— А я знаю, — сказал Шестикрылый. — Мы пойдем сейчас к Лиде, и ты отдашь ей этот самый аванс. И ей с ребенком хватит на год. И ребенка увезут в деревню. А потом ты пойдешь в военкомат, получишь обмундирование и паек. И тебе тоже хватит. До конца жизни. Сволочь ты…
Он взял Ржанова за плечо, повернул к двери, и тот молча, ссутулившись, пошел впереди.
Мы не шелохнувшись смотрели на эту сцену, и только Ползунков недоуменно спросил:
— Но почему он думает, что если умрет от рака или от инфаркта, деревья не будут стоять?

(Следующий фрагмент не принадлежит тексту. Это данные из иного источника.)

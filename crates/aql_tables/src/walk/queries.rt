//! What queries mention.

ghost use Rattle.std.specs.Prelude.{◌≡◌, ◌++◌, map, flat_map, option_map, OnOk};
ghost use Rattle.aql_syntax.specs.Views as see;
ghost use Rattle.aql_tables.specs.Mentions as spec;

use crate::mention::Mentions;
use crate::walk::terms::{columns, items, term, terms};
use aql_syntax::{Cons, Extract, Flag, FromPart, Query, Select, Spec};
use span_token::OutOfMemory;

/// What a query and those nested in it mention.
#[cycle(query)]
pub(crate) fn query<'a>(out: &mut Mentions<'a>, query: &'a Query) -> Result<(), OutOfMemory>
    ensures { OnOk result (out.new ≡ out.old ++ spec.mentions_in_query (see.query_of query.now)) }
{
    match query {
        Query::Select(query) => select(out, query),
        Query::Extract(query) => extract(out, query),
        Query::Union(sides) => union(out, sides),
        Query::Minus(left, right) => {
            self::query(out, left)?;
            self::query(out, right)
        }
    }
}

#[cycle(query)]
fn select<'a>(out: &mut Mentions<'a>, query: &'a Select) -> Result<(), OutOfMemory>
    ensures { OnOk result (out.new ≡ out.old ++ spec.mentions_in_selection (map see.item_of query.now.items.items) (map see.source_of query.now.sources.items) (see.clauses_of query.now)) }
{
    items(out, &query.items)?;
    sources(out, &query.sources)?;
    clauses(out, query)
}

#[cycle(query)]
fn sources<'a>(out: &mut Mentions<'a>, sources: &'a [FromPart]) -> Result<(), OutOfMemory>
    ensures { OnOk result (out.new ≡ out.old ++ flat_map spec.mentions_in_source (map see.source_of sources.now)) }
{
    for one in sources {
        source(out, one)?;
    }
    Ok(())
}

#[cycle(query)]
fn source<'a>(out: &mut Mentions<'a>, source: &'a FromPart) -> Result<(), OutOfMemory>
    ensures { OnOk result (out.new ≡ out.old ++ spec.mentions_in_source (see.source_of source.now)) }
{
    match source {
        FromPart::View { .. } => Ok(()),
        FromPart::Nested { query, .. } => self::query(out, query),
    }
}

fn clauses<'a>(out: &mut Mentions<'a>, query: &'a Select) -> Result<(), OutOfMemory>
    ensures { OnOk result (out.new ≡ out.old ++ spec.mentions_in_clauses (see.clauses_of query.now)) }
{
    terms(out, &query.conds)?;
    cons(out, &query.cons)?;
    terms(out, &query.group)?;
    terms(out, &query.order)
}

fn cons<'a>(out: &mut Mentions<'a>, cons: &'a Option<Cons>) -> Result<(), OutOfMemory>
    ensures { OnOk result (out.new ≡ out.old ++ spec.mentions_in_cons (option_map see.cons_of cons.now)) }
{
    match cons {
        None => Ok(()),
        Some(cons) => term(out, &cons.target),
    }
}

#[cycle(query)]
fn extract<'a>(out: &mut Mentions<'a>, query: &'a Extract) -> Result<(), OutOfMemory>
    ensures { OnOk result (out.new ≡ out.old ++ spec.mentions_in_extraction (map see.item_of query.now.items.items) (see.spec_of query.now.spec) (see.source_of query.now.source) (see.tail_of query.now)) }
{
    columns(out, &query.items)?;
    sought(out, &query.spec)?;
    source(out, &query.source)?;
    tail(out, query)
}

fn sought<'a>(out: &mut Mentions<'a>, sought: &'a Spec) -> Result<(), OutOfMemory>
    ensures { OnOk result (out.new ≡ out.old ++ spec.mentions_in_spec (see.spec_of sought.now)) }
{
    match sought {
        Spec::Regex { pattern, .. } => out.pattern(pattern.text.as_str()),
        Spec::Dict { dict, flag, .. } => out.dictionary(dict.text.as_str(), is_exact(*flag)),
        Spec::Blocks { .. } => Ok(()),
    }
}

/// Whether case counts for an extraction's dictionary.
fn is_exact(flag: Option<Flag>) -> bool
    ensures { result ≡ spec.is_exact (option_map see.flag_of flag) }
{
    match flag {
        Some(Flag::Exact) => true,
        Some(Flag::IgnoreCase) => false,
        None => false,
    }
}

fn tail<'a>(out: &mut Mentions<'a>, query: &'a Extract) -> Result<(), OutOfMemory>
    ensures { OnOk result (out.new ≡ out.old ++ spec.mentions_in_tail (see.tail_of query.now)) }
{
    terms(out, &query.conds)?;
    cons(out, &query.cons)
}

#[cycle(query)]
fn union<'a>(out: &mut Mentions<'a>, sides: &'a [Query]) -> Result<(), OutOfMemory>
    ensures { OnOk result (out.new ≡ out.old ++ flat_map spec.mentions_in_query (map see.query_of sides.now)) }
{
    for side in sides {
        query(out, side)?;
    }
    Ok(())
}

Война шла два с половиной года, уже была позади Сталинградская битва, блокада Ленинграда, уже снято было затемнение, и над городом чуть ли не каждую неделю осыпались нарядные звезды салютов, на улицах стало многолюднее — на бульварах гуляли дети, возвращались эвакуированные заводы и учреждения, поговаривали, что вот-вот откроется второй фронт. В Москве от всей нашей компании оставались только мы с Лешей Ползунковым, семья его была где-то далеко на Каме, он постоянно метался по городу в поисках оказии, с которой можно было бы передать посылку, совсем отощал и перестал говорить, что «по сути дела, жрать нечего», хотя жрать действительно было нечего. Мы довольно часто встречались, и в тот почему-то запомнившийся мне вечер он привел ко мне Шестикрылого.
Не в пример Ползункову, тот был нетороплив и спокоен, то есть верен себе. Коротко отчитался — был ранен под Вязьмой, задеты легкие, повреждена нога, лежал в госпитале в Казани, демобилизовался, прихрамывает, вернулся в главк, семейство в Свердловске, девочки работают на заводе и учатся. Вообще повезло.
— В последний раз мы виделись в этой же комнате, на рассвете… — вспомнил он.
— Ты тогда был хорош, — сказал Ползунков. — На удивление хорош. Но дело не довел до конца. Ржанов-то удрал с мосфильмовским эшелоном. Записал престарелого отца, который и не думал ехать из Москвы, в последнюю минуту прыгнул в теплушку, оставив папу на платформе, и «исчез утопая…».
— А Клинков и Зимин убиты под Харьковом, — сказала я. — А Джекобс умер в военном госпитале от детской болезни, от скарлатины…
— А Казашвили получил премию за какую-то производственную документалку, а ее дядя, — он указал на меня, — лежит в госпитале на Волге, в Плесе, — продолжил Ползунков.
— Я знаю. Мы переписываемся, — сказал Серафим и вдруг тихо запел: — «…их далёко развеет вьюга, кружа над мертвою землей, разгонит их далёко друг от друга…» — Он оборвал себя: — Выпьем! У меня пайковые пол-литра, хотел обменять на сало, да все равно.
Мы выпили и закусили холодной картошкой.